What had been created as a guidance mechanism to accomplish my goals had turned into a measurement tool by which I tried to measure myself. Here I was, doing it to myself again. My family and friends were lamenting in joy over something many of us thought impossible for years, and I had assumed that my latest fault was so big and serious that it meant a life of guilt and constant struggle. But a swift feeling of guilt overcame me when God asked me why I am so unforgiving of myself. Constantly failing to see the blessing of even my struggles made me wonder if I was showing God how grateful I was for all of the things He has done for me. My actions were not reflective of one truly trusts God for things seen and unseen. The self-criticism that I thought would bring me closer to God by driving me to be a better person, was actually distancing me from Him as I failed to see the value of his grace and mercy and missed the blessings and lessons in all of my experiences.

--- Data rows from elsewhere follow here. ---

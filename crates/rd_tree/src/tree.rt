//! The tree.

ghost use Rattle.std.specs.Prelude.{◌≡◌, ◌≢◌, ◌↔◌, ◌<◌, ◌≤◌, ◌^◌, ℕ, [], ◌∷◌, ◌++◌, length, not, IsTrue, true, false, Some, None, Err, IfSome, IfNone, IfOk, IfErr, OnOk, OnErr};
ghost use Rattle.std.specs.Option.{option_map, unwrap_or, is_some};
ghost use Rattle.rd_dirinfo.specs.Paths.{is_name, last_name, parent};
ghost use Rattle.rd_contents.specs.Contents.{part, written, resized, max_len, EndsTooFar};
ghost use Rattle.rd_contents.specs.declared.contents.SizeNo.TheVariants as SizeNo;
ghost use Rattle.rd_tree.specs.declared.refusal.AddNo.TheVariants as AddNo;
ghost use Rattle.rd_tree.specs.Places.{add_refusal, node_at, Adds, bytes_at, file_at, folder_of, has_child, is_folder, next_name, own_path, root_alone, with_bytes, without, IsLive, IsFile, IsWhole, Renames};

use crate::listing::next_name;
use crate::moving::{fits, is_taken, leads_through, retitle, shift, units_left};
use crate::node::{Found, Node, NodeId};
use crate::nodes::{ROOT, child, find, has_child, insert, locate, take_out};
use crate::refusal::{AddNo, MoveNo, NotEmpty};
use rd_base::{Bytes, Units};
use rd_contents::{Contents, SizeNo};
use rd_dirinfo::{MOST_NAMES, Naming, Path, Pattern};
use slab::Slab;
use std::alloc::{AllocError, Global};
use std::collections::BTreeMap;
use std::marker::Model;

/// The most nodes of a tree, with the root.
pub const MAX_NODES: usize = 65_536;

/// A tree of files and folders.
#[derive(Drop)]
pub struct Tree {
    nodes: Slab<Node>,
    naming: Naming,
    alloc: Global,
}

impl Model for Tree {
    ghost use Rattle.rd_tree.specs.Places.{Places};

    ghost Value = { Places };

    ghost use Rattle.rd_tree.specs.Nodes.{places_of, IsSoundTree};

    ghost view = { λ t. places_of t.naming t.nodes };

    ghost invariant = { λ t. IsSoundTree t.naming t.nodes };
}

/// A number that was found, which fits 32 bits.
fn numbered(found: Option<usize>) -> Option<NodeId>
    requires { IfSome found (λ n. n < 2 ^ 32) }
    ensures { option_map (λ node. node.0) result ≡ found }
{
    match found {
        Some(node) => Some(NodeId(node as u32)),
        None => None,
    }
}

impl Tree {
    /// The root alone.
    pub fn new(alloc: Global, naming: Naming) -> Result<Self, AllocError>
        ensures made { IfOk result (λ tree. tree ≡ root_alone naming) }
        ensures is_whole { IfOk result (λ tree. IsWhole tree) }
    {
        let mut nodes = Slab::new(alloc);
        nodes.insert(Node {
            parent: ROOT,
            name: Units::of(Vec::new(alloc)),
            folder: true,
            contents: Contents::new(alloc),
            children: BTreeMap::new(alloc),
        })?;
        Ok(Tree {
            nodes,
            naming,
            alloc,
        })
    }

    /// The node at a path.
    pub fn find(&self, path: &Path) -> Option<NodeId>
        ensures found { option_map (λ node. node.0) result ≡ node_at self.now path.now }
        ensures live { IfSome result (λ node. IsLive self.now node.0) }
        ensures root { IfSome result (λ node. 0 ≡ node.0 → path.now ≡ []) }
    {
        numbered(find(&self.nodes, self.naming, path.names()))
    }

    /// The folder and the node that a path leads to, by one way down.
    pub fn look(&self, path: &Path) -> Found
        ensures folder { option_map (λ folder. folder.0) result.folder ≡ folder_of self.now path.now }
        ensures node { option_map (λ node. node.0) result.node ≡ node_at self.now path.now }
        ensures folder_live { IfSome result.folder (λ folder. IsLive self.now folder.0) }
        ensures node_live { IfSome result.node (λ node. IsLive self.now node.0) }
        ensures lost { IfNone result.folder (add_refusal self.now path.now ≡ Some AddNo.PathNotFound) }
    {
        let nodes = &self.nodes;
        let names = path.names();
        if names.is_empty() {
            let root = NodeId(ROOT as u32);
            return Found {
                folder: Some(root),
                node: Some(root),
            };
        }
        let Some((folder, name)) = locate(nodes, self.naming, names) else {
            return Found {
                folder: None,
                node: None,
            };
        };
        Found {
            folder: Some(NodeId(folder as u32)),
            node: numbered(child(nodes, self.naming, folder, name)),
        }
    }

    /// The folder in which a node may be added at a path, but for want of room.
    pub fn free(&self, path: &Path) -> Result<NodeId, AddNo>
        ensures folder { IfOk result (λ folder. folder_of self.now path.now ≡ Some folder.0) }
        ensures free { OnOk result (node_at self.now path.now ≡ None) }
        ensures refused { IfErr result (λ no. add_refusal self.now path.now ≡ Some no) }
    {
        let found = self.look(path);
        match found.folder {
            Some(folder) if found.node.is_none() => Ok(folder),
            Some(_) => Err(AddNo::Collision),
            None => Err(AddNo::PathNotFound),
        }
    }

    /// The node with a name in a folder.
    pub fn child(&self, folder: NodeId, name: &[u16]) -> Option<NodeId>
        requires folder { is_folder self.now folder.0 ≡ Some true }
        requires name { is_name name.now ≡ true }
        ensures found { option_map (λ node. node.0) result ≡ node_at self.now (own_path self.now folder.0 ++ name.now ∷ []) }
        ensures live { IfSome result (λ node. IsLive self.now node.0) }
    {
        numbered(child(&self.nodes, self.naming, folder.0 as usize, name))
    }

    /// The folder in which a node stands that isn't the root.
    pub fn parent(&self, node: NodeId) -> NodeId
        requires live { IsLive self.now node.0 }
        requires other { 0 ≢ node.0 }
        ensures above { own_path self.now result.0 ≡ parent (own_path self.now node.0) }
        ensures live { IsLive self.now result.0 }
        ensures folder { is_folder self.now result.0 ≡ Some true }
    {
        match self.nodes.get(node.0 as usize) {
            Some(node) => NodeId(node.parent as u32),
            None => unreachable!(),
        }
    }

    /// The name of a node that isn't the root, as it was made or last renamed.
    pub fn name(&self, node: NodeId) -> &Units
        requires live { IsLive self.now node.0 }
        requires other { 0 ≢ node.0 }
        ensures last { result.now ≡ last_name (own_path self.now node.0) }
        ensures name { is_name result.now ≡ true }
    {
        match self.nodes.get(node.0 as usize) {
            Some(node) => &node.name,
            None => unreachable!(),
        }
    }

    /// Whether something stands in a folder.
    pub fn has_child(&self, node: NodeId) -> bool
        requires { IsLive self.now node.0 }
        ensures { result ≡ has_child self.now node.0 }
    {
        has_child(&self.nodes, node.0 as usize)
    }

    /// Whether a node is a folder.
    pub fn is_folder(&self, node: NodeId) -> bool
        requires { IsLive self.now node.0 }
        ensures kind { is_folder self.now node.0 ≡ Some result }
        ensures bytes { result ≡ not (is_some (bytes_at self.now node.0)) }
    {
        match self.nodes.get(node.0 as usize) {
            Some(node) => node.folder,
            None => unreachable!(),
        }
    }

    /// How many bytes a file has; a folder has none.
    pub fn end(&self, node: NodeId) -> Option<u64>
        requires { IsLive self.now node.0 }
        ensures end { result ≡ option_map length (bytes_at self.now node.0) }
        ensures most { IfSome result (λ end. end ≤ max_len) }
        ensures file { IfSome result (λ _. IsFile self.now node.0) }
        ensures folder { IfNone result (is_folder self.now node.0 ≡ Some true) }
    {
        let Some(node) = self.nodes.get(node.0 as usize) else {
            return None;
        };
        if node.folder {
            return None;
        }
        Some(node.contents.len())
    }

    /// The bytes of a file from an offset up to its end, at most `count`.
    pub fn read(&self, node: NodeId, offset: u64, count: u32) -> Result<Bytes, AllocError>
        requires { IsFile self.now node.0 }
        ensures { IfOk result (λ bytes. bytes ≡ part (file_at self.now node.0) offset count) }
    {
        let Some(file) = self.nodes.get(node.0 as usize) else {
            unreachable!()
        };
        file.contents.read(offset, count)
    }

    /// Appends the bytes of a file from an offset up to its end, at most `count`.
    pub fn read_into(
        &self,
        node: NodeId,
        out: &mut Vec<u8>,
        offset: u64,
        count: u32,
    ) -> Result<(), AllocError>
        requires { IsFile self.now node.0 }
        ensures read { OnOk result (out.new.items ≡ out.old.items ++ part (file_at self.now node.0) offset count) }
        ensures err { OnErr result (out.new.items ≡ out.old.items) }
    {
        let Some(file) = self.nodes.get(node.0 as usize) else {
            unreachable!()
        };
        file.contents.read_into(out, offset, count)
    }

    /// Adds a folder or an empty file. Its number is none that is live; one that was removed may come again.
    pub fn add(&mut self, path: &Path, folder: bool) -> Result<NodeId, AddNo>
        ensures added { IfOk result (λ node. Adds self.old self.new path.now folder node.0) }
        ensures live { IfOk result (λ node. IsLive self.new node.0) }
        ensures file { IfOk result (λ node. folder ≡ false → IsFile self.new node.0) }
        ensures other { IfOk result (λ node. 0 ≢ node.0) }
        ensures is_whole { OnOk result (IsWhole self.new) }
        ensures refused { IfErr result (λ no. no ≡ unwrap_or (add_refusal self.old path.now) AddNo.Memory) }
        ensures err { OnErr result (self.new ≡ self.old) }
    {
        let parent = match self.free(path) {
            Ok(parent) => parent,
            Err(no) => return Err(no),
        };
        self.add_in(parent, path, folder)
    }

    /// The same where the path is known to be free, in the folder that was found.
    pub fn add_in(&mut self, parent: NodeId, path: &Path, folder: bool) -> Result<NodeId, AddNo>
        requires place { folder_of self.old path.now ≡ Some parent.0 }
        requires free { node_at self.old path.now ≡ None }
        ensures added { IfOk result (λ node. Adds self.old self.new path.now folder node.0) }
        ensures live { IfOk result (λ node. IsLive self.new node.0) }
        ensures file { IfOk result (λ node. folder ≡ false → IsFile self.new node.0) }
        ensures other { IfOk result (λ node. 0 ≢ node.0) }
        ensures is_whole { OnOk result (IsWhole self.new) }
        ensures refused { IfErr result (λ no. no ≡ unwrap_or (add_refusal self.old path.now) AddNo.Memory) }
        ensures err { OnErr result (self.new ≡ self.old) }
    {
        let Some((name, _)) = path.names().split_last() else {
            unreachable!()
        };
        if self.nodes.len() >= MAX_NODES {
            return Err(AddNo::Full);
        }
        let made = insert(
            &mut self.nodes,
            self.alloc,
            self.naming,
            parent.0 as usize,
            name.as_slice(),
            folder,
        );
        let Ok(node) = made else {
            return Err(AddNo::Memory);
        };
        Ok(NodeId(node as u32))
    }

    /// Removes a file, or a folder without children, but not the root; its name is left. Its number is live no more, and may be given
    /// again.
    pub fn remove(&mut self, node: NodeId) -> Result<Units, NotEmpty>
        requires live { IsLive self.old node.0 }
        requires other { 0 ≢ node.0 }
        ensures name { IfOk result (λ name. name ≡ last_name (own_path self.old node.0)) }
        ensures removed { OnOk result (self.new ≡ without self.old node.0) }
        ensures is_whole { OnOk result (IsWhole self.new) }
        ensures not_empty { (result ≡ Err (record {})) ↔ IsTrue (has_child self.old node.0) }
        ensures err { OnErr result (self.new ≡ self.old) }
    {
        if has_child(&self.nodes, node.0 as usize) {
            return Err(NotEmpty);
        }
        Ok(take_out(&mut self.nodes, self.naming, node.0 as usize))
    }

    /// Gives a node that isn't the root, with all that is below it, a new path, which isn't the root's. A file that is there is
    /// replaced, if that is asked for. Its own path, as the naming sees it, is never refused; it is then kept as asked.
    pub fn rename(&mut self, node: NodeId, to: &Path, replace: bool) -> Result<(), MoveNo>
        requires live { IsLive self.old node.0 }
        requires other { 0 ≢ node.0 }
        requires target { 0 < length to.now }
        ensures renames { Renames self.old self.new node.0 to.now replace result }
        ensures is_whole { OnOk result (IsWhole self.new) }
    {
        let names = to.names();
        let node = node.0 as usize;
        let target = find(&self.nodes, self.naming, names);
        if target == Some(node) {
            let Some((folder, name)) = locate(&self.nodes, self.naming, names) else {
                return Err(MoveNo::PathNotFound);
            };
            return match retitle(&mut self.nodes, self.alloc, node, folder, name) {
                Ok(()) => Ok(()),
                Err(_) => Err(MoveNo::Memory),
            };
        }
        if leads_through(&self.nodes, self.naming, node, names) {
            return Err(MoveNo::Inside);
        }
        let Some((folder, name)) = locate(&self.nodes, self.naming, names) else {
            return Err(MoveNo::PathNotFound);
        };
        if !fits(
            &self.nodes,
            node,
            MOST_NAMES as usize - names.len(),
            units_left(names),
        ) {
            return Err(MoveNo::TooDeep);
        }
        if is_taken(&self.nodes, target, replace) {
            return Err(MoveNo::Collision);
        }
        match shift(
            &mut self.nodes,
            self.alloc,
            self.naming,
            node,
            folder,
            name,
            target,
        ) {
            Ok(()) => Ok(()),
            Err(_) => Err(MoveNo::Memory),
        }
    }

    /// The first name of a folder's children, in the order of the naming, that matches a pattern and comes after another name,
    /// if one is given.
    pub fn next(&self, folder: NodeId, after: Option<&Units>, pattern: &Pattern) -> Option<&Units>
        requires { is_folder self.now folder.0 ≡ Some true }
        ensures { option_map (λ name. name.now) result ≡ next_name self.now folder.0 (option_map (λ other. other.now) after.entry) pattern.now }
    {
        next_name(&self.nodes, self.naming, folder.0 as usize, after, pattern)
    }

    /// Writes bytes into a file at an offset.
    pub fn write(&mut self, node: NodeId, offset: u64, bytes: &[u8]) -> Result<(), SizeNo>
        requires { IsFile self.old node.0 }
        ensures file { IsFile self.new node.0 }
        ensures written { OnOk result (self.new ≡ with_bytes self.old node.0 (λ file. written file offset bytes.now)) }
        ensures is_whole { OnOk result (IsWhole self.new) }
        ensures too_big { (result ≡ Err SizeNo.TooBig) ↔ EndsTooFar offset bytes.now }
        ensures err { OnErr result (self.new ≡ self.old) }
    {
        let Some(file) = self.nodes.get_mut(node.0 as usize) else {
            unreachable!()
        };
        file.contents.write(offset, bytes)
    }

    /// Cuts a file at an end, or extends it by zeros.
    pub fn resize(&mut self, node: NodeId, end: u64) -> Result<(), SizeNo>
        requires { IsFile self.old node.0 }
        ensures file { IsFile self.new node.0 }
        ensures resized { OnOk result (self.new ≡ with_bytes self.old node.0 (λ file. resized file end)) }
        ensures is_whole { OnOk result (IsWhole self.new) }
        ensures too_big { (result ≡ Err SizeNo.TooBig) ↔ max_len < end }
        ensures err { OnErr result (self.new ≡ self.old) }
    {
        let Some(file) = self.nodes.get_mut(node.0 as usize) else {
            unreachable!()
        };
        file.contents.resize(end)
    }
}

I claimed to be hardly concerned with the opinions of others, but the truth was that the smallest critical comments whether credible or not, valuable or not, often made me second guess what I knew was in my heart- love for God through constant actions of love for others.
I would like to say that this realization brought about a change so sudden and drastic that I am now at the top of life’s stairs cheering like Rocky. However, breaking attitude and behavior patterns take time. I am adjusting to the idea that imperfections do not make me flawed, they make me human…and we are all human. I must learn to be satisfied with my best, because that is all I have to give myself and others. I remind myself that satisfaction and complacency are not the same and do not work hand in hand. This is not the first time that I have been told to ease up on myself, it has been shouted from the mountaintop by friends, my grandmother, my mother, my dad, cousins…who have said “chill out.” Quite often what I assumed was His thoughts were only me being my own critic. Yet, I suppose that quiet moment on the side of the bed staring at a closet of baby clothes in a slight stupor was necessary for me remember that God has had His hands on me in every situation and being a self-critic only obstructs my view of His power in my life and the blessings that are to come.